Quasi-éveil. Encore une fois, méfions-nous des approximations : le sommeil paradoxal n’est pas analogue à l’éveil : l’activité corticale du rêve ne suit pas les mêmes voies, n’a pas la même origine que l’activité corticale de l’éveil. Le rêve n’est pas un état intermédiaire entre le sommeil et la veille ; une conception continuiste des niveaux de conscience est désormais intenable.
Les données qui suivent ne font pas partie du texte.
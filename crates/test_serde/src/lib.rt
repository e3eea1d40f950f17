//! Tests over `cbor_serde`: each call once, what a type may not send, how often it is asked,
//! options, values, byte strings, want of memory, devices that fail or wait, and streams of items.
#![tactic(auto)]

#[cfg(test)]
mod arrays;
#[cfg(test)]
mod byte_strings;
#[cfg(test)]
mod calls;
#[cfg(test)]
mod checks;
#[cfg(test)]
mod devices;
#[cfg(test)]
mod floats;
#[cfg(test)]
mod items;
#[cfg(test)]
mod long;
#[cfg(test)]
mod memory;
#[cfg(test)]
mod once;
#[cfg(test)]
mod peer;
#[cfg(test)]
mod sent;
#[cfg(test)]
mod streams;
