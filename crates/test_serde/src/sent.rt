// What types of one's own send.

use crate::checks::{is_refused_at, is_written};
use cbor_serde::to_vec;
use serde::{Described, Serialize, Serializer};
use test_checks::{Verdict, is_refused};

// What a type sends of itself.
#[derive(Clone, Copy)]
enum Call {
    True,
    Array(Option<usize>),
    EndArray,
    Map(Option<usize>),
    Key(&'static str),
    EndMap,
    /// A number that is printed, as a text.
    Printed(u8),
    /// A number, and what comes of it is passed over.
    TriesNumber(u128),
    /// An array's end, and what comes of it is passed over.
    TriesEndArray,
}

fn send<S: Serializer>(call: Call, out: &mut S) -> Result<(), S::Error> {
    match call {
        Call::True => out.bool(true),
        Call::Array(len) => out.begin_seq(len),
        Call::EndArray => out.end_seq(),
        Call::Map(len) => out.begin_map(len),
        Call::Key(name) => out.key(name),
        Call::EndMap => out.end_map(),
        Call::Printed(number) => out.collect_str(&number),
        Call::TriesNumber(number) => {
            let _ = out.u128(number);
            Ok(())
        }
        Call::TriesEndArray => {
            let _ = out.end_seq();
            Ok(())
        }
    }
}

// It sends these, up to the first that is refused.
#[derive(Clone, Copy)]
struct Script(&'static [Call]);

impl Described for Script {}

impl Serialize for Script {
    fn serialize<S: Serializer>(&self, out: &mut S) -> Result<(), S::Error> {
        for call in self.0 {
            send(*call, out)?;
        }
        Ok(())
    }
}

// An array of a declared length, one without, and a text that is printed.
const SENT: &[(&[Call], &[u8])] = &[
    (
        &[Call::Array(Some(1)), Call::True, Call::EndArray],
        b"\x81\xf5",
    ),
    (
        &[Call::Array(None), Call::True, Call::EndArray],
        b"\x9f\xf5\xff",
    ),
    (&[Call::Printed(42)], b"\x6242"),
];

#[test]
fn writes_what_is_sent(rt: HostRuntime) -> Verdict {
    for (calls, bytes) in SENT {
        is_written(&rt, rt.alloc(), &Script(*calls), bytes)?;
    }
    Ok(())
}

const MORE: &str = "more items than the length that was declared";

const FEWER: &str = "fewer items than the length that was declared";

// Of arrays an item too many and one too few, and one that is left open; of a map a key without its
// value; two items, and none; and what goes on after a number that is refused, and after the end
// of an array that lacks its item, of which nothing is left open.
const REFUSED: &[(&[Call], &str)] = &[
    (
        &[Call::Array(Some(1)), Call::True, Call::True, Call::EndArray],
        MORE,
    ),
    (&[Call::Array(Some(2)), Call::True, Call::EndArray], FEWER),
    (
        &[Call::Array(Some(1)), Call::True],
        "no whole item was written",
    ),
    (&[Call::Map(None), Call::Key("a"), Call::EndMap], FEWER),
    (&[Call::True, Call::True], MORE),
    (&[], "no whole item was written"),
    (&[Call::TriesNumber(1 << 64), Call::True], MORE),
    (
        &[
            Call::Array(Some(1)),
            Call::TriesEndArray,
            Call::True,
            Call::EndArray,
        ],
        "a step was refused",
    ),
];

#[test]
fn wants_one_whole_item(rt: HostRuntime) -> Verdict {
    for (row, (calls, words)) in REFUSED.iter().enumerate() {
        is_refused_at(row, to_vec(rt.alloc(), &Script(*calls)), words)?;
    }
    Ok(())
}

// Empty arrays, so many inside one another.
#[derive(Clone, Copy)]
struct Nest(usize);

impl Described for Nest {}

impl Serialize for Nest {
    fn serialize<S: Serializer>(&self, out: &mut S) -> Result<(), S::Error> {
        for level in 0..self.0 {
            let len = if level + 1 < self.0 { 1 } else { 0 };
            out.begin_seq(Some(len))?;
        }
        for _ in 0..self.0 {
            out.end_seq()?;
        }
        Ok(())
    }
}

#[test]
fn refuses_a_level_too_many(rt: HostRuntime) -> Verdict {
    let alloc = rt.alloc();
    let bytes = to_vec(alloc, &Nest(127))?;
    assert_eq!(rt; bytes.len(), 127);
    assert_eq!(rt; bytes.first(), Some(&0x81));
    assert_eq!(rt; bytes.last(), Some(&0x80));
    is_refused(
        to_vec(alloc, &Nest(128)),
        "recursion limit exceeded at offset 128",
    )
}
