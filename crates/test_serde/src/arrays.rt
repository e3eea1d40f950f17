// Structs as arrays, and names that are integers.

use crate::checks::{is_refused_at, is_written_with};
use cbor_serde::{Options, to_vec_with};
use serde::{Described, Serialize, Serializer};
use std::alloc::Global;
use std::collections::BTreeMap;
use std::process::Abort;
use test_checks::Verdict;

// Which options are asked for.
#[derive(Clone, Copy)]
enum With {
    Nothing,
    Arrays,
    IntegerKeys,
    Both,
}

fn options_of(with: With) -> Options {
    match with {
        With::Nothing => Options::new(),
        With::Arrays => Options::new().structs_as_arrays(),
        With::IntegerKeys => Options::new().integer_keys(),
        With::Both => Options::new().structs_as_arrays().integer_keys(),
    }
}

// Two fields of these names, in a map of this length, the second perhaps flattened.
#[derive(Clone, Copy)]
struct Fields {
    names: (&'static str, &'static str),
    len: Option<usize>,
    flattens: bool,
}

impl Described for Fields {}

impl Serialize for Fields {
    fn serialize<S: Serializer>(&self, out: &mut S) -> Result<(), S::Error> {
        out.begin_map(self.len)?;
        out.key(self.names.0)?;
        out.u64(1)?;
        if self.flattens {
            out.flatten_next()?;
            return out.unit();
        }
        out.key(self.names.1)?;
        out.begin_map(Some(0))?;
        out.end_map()?;
        out.end_map()
    }
}

const PLAIN: Fields = Fields {
    names: ("a", "b"),
    len: Some(2),
    flattens: false,
};

const OPEN: Fields = Fields { len: None, ..PLAIN };

const HEADER: Fields = Fields {
    names: ("1", "-1"),
    ..PLAIN
};

const FLAT: Fields = Fields {
    flattens: true,
    ..PLAIN
};

const SHORT: Fields = Fields {
    len: Some(3),
    ..PLAIN
};

const LONG: Fields = Fields {
    len: Some(1),
    ..PLAIN
};

/// The fields are written as these bytes by those options.
fn all_are_written(rt: &impl Abort, alloc: Global, rows: &[(With, Fields, &[u8])]) -> Verdict {
    for (with, fields, bytes) in rows {
        is_written_with(rt, options_of(*with), alloc, fields, bytes)?;
    }
    Ok(())
}

const WITHOUT_NAMES: &[(With, Fields, &[u8])] = &[
    (With::Arrays, PLAIN, b"\x82\x01\xa0"),
    (With::Arrays, OPEN, b"\x9f\x01\xa0\xff"),
    (With::Arrays, HEADER, b"\x82\x01\xa0"),
];

#[test]
fn writes_fields_without_names(rt: HostRuntime) -> Verdict {
    all_are_written(&rt, rt.alloc(), WITHOUT_NAMES)
}

const MAPS: &[(With, Fields, &[u8])] = &[
    (With::Nothing, PLAIN, b"\xa2\x61a\x01\x61b\xa0"),
    (With::Both, HEADER, b"\xa2\x01\x01\x20\xa0"),
];

#[test]
fn keeps_maps(rt: HostRuntime) -> Verdict {
    let alloc = rt.alloc();
    all_are_written(&rt, alloc, MAPS)?;
    let mut map = BTreeMap::new(alloc);
    map.insert(1u8, 2u8)?;
    is_written_with(&rt, options_of(With::Arrays), alloc, &map, b"\xa1\x01\x02")
}

const NO_ARRAYS: &[(Fields, &str)] = &[
    (FLAT, "a flattened field has no place in an array"),
    (SHORT, "fewer items than the length that was declared"),
    (LONG, "more items than the length that was declared"),
];

#[test]
fn refuses_what_is_no_array(rt: HostRuntime) -> Verdict {
    for (row, (fields, words)) in NO_ARRAYS.iter().enumerate() {
        let answer = to_vec_with(options_of(With::Arrays), rt.alloc(), fields);
        is_refused_at(row, answer, words)?;
    }
    Ok(())
}

// A variant alone, and one that holds something.
#[derive(Clone, Copy)]
struct Variants;

impl Described for Variants {}

impl Serialize for Variants {
    fn serialize<S: Serializer>(&self, out: &mut S) -> Result<(), S::Error> {
        out.begin_map(Some(1))?;
        out.variant_key("-7", serde::Case::AsIs)?;
        out.str_cased("x", serde::Case::AsIs)?;
        out.end_map()
    }
}

const NAMED: &[(With, &[u8])] = &[
    (With::IntegerKeys, b"\xa1\x26\x61x"),
    (With::Nothing, b"\xa1\x62-7\x61x"),
];

#[test]
fn names_variants_by_integers(rt: HostRuntime) -> Verdict {
    for (with, bytes) in NAMED {
        is_written_with(&rt, options_of(*with), rt.alloc(), &Variants, bytes)?;
    }
    Ok(())
}
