//! What one row of a test asks. These promise nothing, so that a test of many rows carries no facts
//! from one to the next. A message says which row was answered otherwise.

use cbor_serde::{Options, Result as Answer, from_slice, to_vec, to_vec_with};
use serde::{Deserialize, Serialize};
use std::alloc::Global;
use std::fmt::InlineText;
use std::process::Abort;
use std::test::Fail;
use test_checks::Verdict;

/// The value is written as these bytes.
pub fn is_written<T: Serialize>(
    rt: &impl Abort,
    alloc: Global,
    value: &T,
    bytes: &[u8],
) -> Verdict {
    let written = to_vec(alloc, value)?;
    assert_eq!(rt; written.as_slice(), bytes);
    Ok(())
}

/// The value is written as these bytes by these options.
pub fn is_written_with<T: Serialize>(
    rt: &impl Abort,
    options: Options,
    alloc: Global,
    value: &T,
    bytes: &[u8],
) -> Verdict {
    let written = to_vec_with(options, alloc, value)?;
    assert_eq!(rt; written.as_slice(), bytes);
    Ok(())
}

/// The bytes are read as this.
pub fn is_read<'a, T: Deserialize<'a> + PartialEq>(
    rt: &impl Abort,
    alloc: Global,
    bytes: &'a [u8],
    expected: T,
) -> Verdict {
    let value: T = from_slice(alloc, bytes)?;
    assert!(rt; value == expected, "{bytes:?}");
    Ok(())
}

/// The call of this row was refused, with these words, for which no memory is taken.
pub fn is_refused_at<T: Drop>(row: usize, answer: Answer<T>, words: &str) -> Verdict {
    let Err(e) = answer else {
        return Err(Fail::new(format_args!("row {row}: not refused")));
    };
    if e.is_memory() {
        return Err(Fail::from(e));
    }
    if InlineText::<96>::of(&e).as_str() != words {
        return Err(Fail::new(format_args!("row {row}: {e}")));
    }
    Ok(())
}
Le sommeil paradoxal et le rêve qui l’accompagne introduisent à un régime psychophysiologique parfaitement spécifique.
Tout tourne autour de l’interprétation des mouvements oculaires rapides. Le bon sens commandait d’en rechercher d’abord la signification du côté de la vision : en ce sens, les mouvements oculaires auraient été le corrélat de l’imagerie onirique, l’accompagnement moteur de la scène du rêve. Mais le bon sens allait être désavoué : en détruisant les organes cérébraux responsables de l’inhibition motrice propre au moment paradoxal, Michel Jouvet a libéré l’expression des comportements associés au rêve et permis de comprendre les mouvements oculaires comme des "ébauches" de comportements, comme des gestes simultanément esquissés et empêchés. Le rêve quitte ainsi le domaine représentatif qui avait toujours été exclusivement le sien : il est désormais côté des mécanismes comportementaux.
Dès la vie intra-utérine
Ces résultats, comparés aux données qui révèlent que le sommeil paradoxal existe dès la vie intra-utérine, suggèrent l’hypothèse que le rêve pourrait avoir pour fonction la reprogrammation périodique du système nerveux cérébral, plus exactement la reprogrammation des propriétés dont dépend le phénotype de l’individu.
En philosophe, Claude Debru s’empare de la thèse du neurophysiologiste et en montre les prolongements possibles. Si le rêve est bien ce qu’en dit Michel Jouvet, il n’est pas interdit de voir en lui "à la fois le retour à un monde privé et le moyen de ne conserver des acquisitions épigénétiques que celles qui seraient signifiantes pour le maintien et la poursuite de l’individuation". En sorte que le rêve serait finalement le "gardien de l’individuation du cerveau".
La formule est bien trouvée : elle marque, par rapport à celle de Freud : "le rêve est le gardien du sommeil", une distance considérable. Il ne s’agit plus, en rêvant, de protéger le sommeil de l’irruption sous une forme trop claire des pulsions refoulées, mais de protéger le noyau dur de l’individualité génétique des acquisitions dispersées de l’épigénèse.
Certes, la prudence est plus que jamais de rigueur dans ces domaines où la frontière entre le fait et son interprétation est des plus ténues. Est-ce une raison pour ne rien oser ? Debru plaide, de façon convaincante, pour une audace scientifique bien tempérée. Et il affirme simultanément le caractère fragile des hypothèses neurophysiologiques et leur indispensable valeur heuristique. S’est-on trompé ? On le saura demain. Mais aujourd’hui, c’est cela que l’on sait, et ce que l’on sait, même si c’est pour peu de temps, vaut mieux que ce que l’on imagine sans fin.